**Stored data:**
☆ ☆ ☆

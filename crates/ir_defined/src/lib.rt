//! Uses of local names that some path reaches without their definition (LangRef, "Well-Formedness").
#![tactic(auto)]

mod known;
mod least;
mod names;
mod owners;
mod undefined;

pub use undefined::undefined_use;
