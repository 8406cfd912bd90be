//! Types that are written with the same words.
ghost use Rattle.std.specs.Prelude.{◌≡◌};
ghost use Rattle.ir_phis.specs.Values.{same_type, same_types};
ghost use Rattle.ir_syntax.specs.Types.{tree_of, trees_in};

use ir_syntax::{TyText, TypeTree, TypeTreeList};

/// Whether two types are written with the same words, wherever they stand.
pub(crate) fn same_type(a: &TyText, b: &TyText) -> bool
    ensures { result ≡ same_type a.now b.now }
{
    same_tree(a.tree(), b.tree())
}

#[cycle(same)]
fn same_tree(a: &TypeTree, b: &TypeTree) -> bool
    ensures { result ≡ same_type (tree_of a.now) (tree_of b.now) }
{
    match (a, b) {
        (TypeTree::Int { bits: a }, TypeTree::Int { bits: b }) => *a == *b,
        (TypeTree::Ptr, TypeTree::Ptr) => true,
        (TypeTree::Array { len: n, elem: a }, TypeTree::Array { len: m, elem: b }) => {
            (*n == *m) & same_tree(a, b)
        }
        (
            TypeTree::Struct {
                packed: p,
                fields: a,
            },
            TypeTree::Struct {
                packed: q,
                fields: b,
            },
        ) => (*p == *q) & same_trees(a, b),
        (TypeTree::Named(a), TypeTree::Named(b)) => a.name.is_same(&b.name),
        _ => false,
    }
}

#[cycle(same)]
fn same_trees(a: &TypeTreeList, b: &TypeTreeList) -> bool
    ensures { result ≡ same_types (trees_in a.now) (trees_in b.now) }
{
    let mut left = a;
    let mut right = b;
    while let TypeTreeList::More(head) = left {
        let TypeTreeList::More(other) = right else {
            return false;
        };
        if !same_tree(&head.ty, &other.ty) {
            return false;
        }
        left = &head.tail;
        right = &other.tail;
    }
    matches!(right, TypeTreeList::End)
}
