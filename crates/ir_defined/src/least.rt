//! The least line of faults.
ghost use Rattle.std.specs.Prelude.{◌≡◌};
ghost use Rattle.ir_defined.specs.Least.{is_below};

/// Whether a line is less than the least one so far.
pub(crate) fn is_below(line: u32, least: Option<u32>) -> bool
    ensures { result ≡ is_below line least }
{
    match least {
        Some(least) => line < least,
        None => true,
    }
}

☆ ☆ ☆

All records are to be restated exactly, from the first line to the last line.

filename crates/ir_defined/src/lib.rt
//! Uses of local names that some path reaches without their definition (LangRef, "Well-Formedness").
#![tactic(auto)]

mod known;
mod least;
mod names;
mod owners;
mod undefined;

pub use undefined::undefined_use;
repository 8406cfd912bd90be
//! Types that are written with the same words.
ghost use Rattle.std.specs.Prelude.{◌≡◌};
ghost use Rattle.ir_phis.specs.Values.{same_type, same_types};
ghost use Rattle.ir_syntax.specs.Types.{tree_of, trees_in};

use ir_syntax::{TyText, TypeTree, TypeTreeList};

/// Whether two types are written with the same words, wherever they stand.
pub(crate) fn same_type(a: &TyText, b: &TyText) -> bool
    ensures { result ≡ same_type a.now b.now }
{
    same_tree(a.tree(), b.tree())
}

#[cycle(same)]
fn same_tree(a: &TypeTree, b: &TypeTree) -> bool
    ensures { result ≡ same_type (tree_of a.now) (tree_of b.now) }
{
    match (a, b) {
        (TypeTree::Int { bits: a }, TypeTree::Int { bits: b }) => *a == *b,
        (TypeTree::Ptr, TypeTree::Ptr) => true,
        (TypeTree::Array { len: n, elem: a }, TypeTree::Array { len: m, elem: b }) => {
            (*n == *m) & same_tree(a, b)
        }
        (
            TypeTree::Struct {
                packed: p,
                fields: a,
            },
            TypeTree::Struct {
                packed: q,
                fields: b,
            },
        ) => (*p == *q) & same_trees(a, b),
        (TypeTree::Named(a), TypeTree::Named(b)) => a.name.is_same(&b.name),
        _ => false,
    }
}

#[cycle(same)]
fn same_trees(a: &TypeTreeList, b: &TypeTreeList) -> bool
    ensures { result ≡ same_types (trees_in a.now) (trees_in b.now) }
{
    let mut left = a;
    let mut right = b;
    while let TypeTreeList::More(head) = left {
        let TypeTreeList::More(other) = right else {
            return false;
        };
        if !same_tree(&head.ty, &other.ty) {
            return false;
        }
        left = &head.tail;
        right = &other.tail;
    }
    matches!(right, TypeTreeList::End)
}
filename crates/ir_defined/src/least.rt
//! The least line of faults.
ghost use Rattle.std.specs.Prelude.{◌≡◌};
ghost use Rattle.ir_defined.specs.Least.{is_below};

/// Whether a line is less than the least one so far.
pub(crate) fn is_below(line: u32, least: Option<u32>) -> bool
    ensures { result ≡ is_below line least }
{
    match least {
        Some(least) => line < least,
        None => true,
    }
}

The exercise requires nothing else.